In another embodiment of the present invention, the oil can be
recovered from a fermentation process after at least one product of
fermentation has been removed from said process.
[0126] The process can be further economized by co-locating with
other processes, such as alcohol or biodiesel production. Such
co-location reduces capital and operating expense.
[0127] The co-location of the process with alcohol production, such
as ethanol, allows for several synergistic operations. In an
ethanol production process grain is milled, slurried and treated
with enzymes to release sugars. The sugars are fermented in a
fermenter. The resultant product is referred to as "beer". The
ethanol form the beer is removed by a beer column producing
rectifier feed. The rectifier removes more water from the ethanol.
The product is sent to a dehydration unit, such as a molecular
sieve to produce high proof ethanol. The residual product from the
beer column is referred to as "whole stillage." Whole stillage can
be centrifuged into wet cake and thin stillage. The wet cake can be
dried to produce dried distiller's grain. Some of the thin stillage
can be concentrated and added to either the wet cake or dried
distiller's grain. Distillers oil can be recovered at various
points in the process, such as from the grain slurry, whole
stillage, or thin stillage. Ethanol can be used as the solvent in
the extraction process and can be obtained from various points.
Ethanol can be obtained after the beer column, where the ethanol
concentration is typically around 50% w/w; from the rectifying
column, where the ethanol concentration is typically 95% w/w; or
from the molecular sieve or other dehydration unit, where the
concentration is typically over 98% w/w.
[0128] During the extraction process the ethanol can pick up
moisture. This wet ethanol can be returned to the ethanol process
for dehydration.
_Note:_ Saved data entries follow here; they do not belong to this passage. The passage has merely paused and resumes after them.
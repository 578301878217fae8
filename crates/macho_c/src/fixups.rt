//! The pointers of an image that a loader writes, and what they import. (`mach-o/loader.h`: `dyld_info_command`,
//! `LC_DYLD_CHAINED_FIXUPS`)

ghost use Rattle.std.specs.Prelude.{◌≡◌};
ghost use Rattle.macho_fixups.specs.Batch.{IsBatch};
ghost use Rattle.macho_fixups.specs.Fixups.{start, fixups_left, imports_left, all_fixups, all_imports};
ghost use Rattle.macho_rows.specs.Image.{image_in};

use macho_fixups::cursor::KesvuotFixupCursor;
use macho_fixups::fixups::{read_fixups, read_imports};
use macho_fixups::row::{KesvuotFixup, KesvuotImport};
use macho_rows::image::KesvuotImage;

/// Writes the pointers that a loader writes from the cursor on to the rows of the table, until either runs out, moves
/// the cursor past them, and returns how many it wrote. Later rows are unchanged.
#[unsafe(no_mangle)]
pub extern "C" fn kesvuot_read_fixups(
    file: &[u8],
    image: &KesvuotImage,
    cursor: &mut KesvuotFixupCursor,
    rows: &mut [KesvuotFixup],
) -> usize
    ensures rows { IsBatch (fixups_left image.now.base (image_in file.now image.now)) cursor.old cursor.new result
        rows.old rows.new }
    ensures all { fixups_left image.now.base (image_in file.now image.now) start
        ≡ all_fixups image.now.base (image_in file.now image.now) }
{
    read_fixups(&image.held(file), image.base, cursor, rows)
}

/// Writes what pointers are bound to from the cursor on to the rows of the table, until either runs out, moves the
/// cursor past them, and returns how many it wrote. Later rows are unchanged.
#[unsafe(no_mangle)]
pub extern "C" fn kesvuot_read_imports(
    file: &[u8],
    image: &KesvuotImage,
    cursor: &mut KesvuotFixupCursor,
    rows: &mut [KesvuotImport],
) -> usize
    ensures rows { IsBatch (imports_left image.now.slice.offset (image_in file.now image.now)) cursor.old cursor.new
        result rows.old rows.new }
    ensures all { imports_left image.now.slice.offset (image_in file.now image.now) start
        ≡ all_imports image.now.slice.offset (image_in file.now image.now) }
{
    read_imports(&image.held(file), cursor, rows)
}
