//! The image of a slice: what is there once, how many rows its tables have, and where they begin.

ghost use Rattle.std.specs.Prelude.{◌≡◌};
ghost use Rattle.macho_fields.specs.First.{IsUnbroken};
ghost use Rattle.macho_rows.specs.Image.{ShowsUnbroken};
ghost use Rattle.macho_c.specs.Images.{IsAnswer};
ghost use Rattle.macho_c.specs.Status.{KESVUOT_OK};

use crate::status::{NONE, OK, REFUSED, UNREAD};
use macho_fat::slice_at;
use macho_fields::Bytes;
use macho_rows::image::{KesvuotImage, SliceImage, no_image, read_slice};

/// Reads the image of the slice with this index, in a file that is accepted. The status is `OK`;
/// `UNREAD` if the image is of 32 bits or big-endian; `NONE` if no slice has the index; or
/// `REFUSED` if no accepted file has these bytes.
#[unsafe(no_mangle)]
pub extern "C" fn kesvuot_read_image(file: &[u8], slice: u64, image: &mut KesvuotImage) -> u32
    ensures answer { IsAnswer file.now slice result image.new }
    ensures unbroken { IsUnbroken file.now → (result ≡ KESVUOT_OK) → ShowsUnbroken file.now image.new }
{
    *image = no_image();
    let bytes = Bytes::new(file);
    match slice_at(bytes, slice) {
        Ok(Some(slice)) => match read_slice(bytes, &slice) {
            Some(SliceImage::Read(shown)) => {
                *image = shown;
                OK
            }
            Some(SliceImage::Unread(shown)) => {
                *image = shown;
                UNREAD
            }
            None => REFUSED,
        },
        Ok(None) => NONE,
        Err(_) => REFUSED,
    }
}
The wet ethanol can be returned to one or more of
the following points in the process: the fermenter, the beer well,
the rectifier feed, dehydration unit feed, or any other suitable
place.
[0129] Any of the compositions and products of the present
invention can be added to co-products of the ethanol process, such
as the wet cake, distillers solubles (syrup), dried distillers
grain (DDG), high protein meal, or dried distillers grain with
solubles (DDGS). For example, the raffinate or phospholipid phase
can be added to the dried distiller's grain to increase its fat
level. Any of the lipid compositions can be removed from a lipid
feedstock and added to a distillers grain co-product. The lipid
feedstock can be distillers oil such as distillers corn oil.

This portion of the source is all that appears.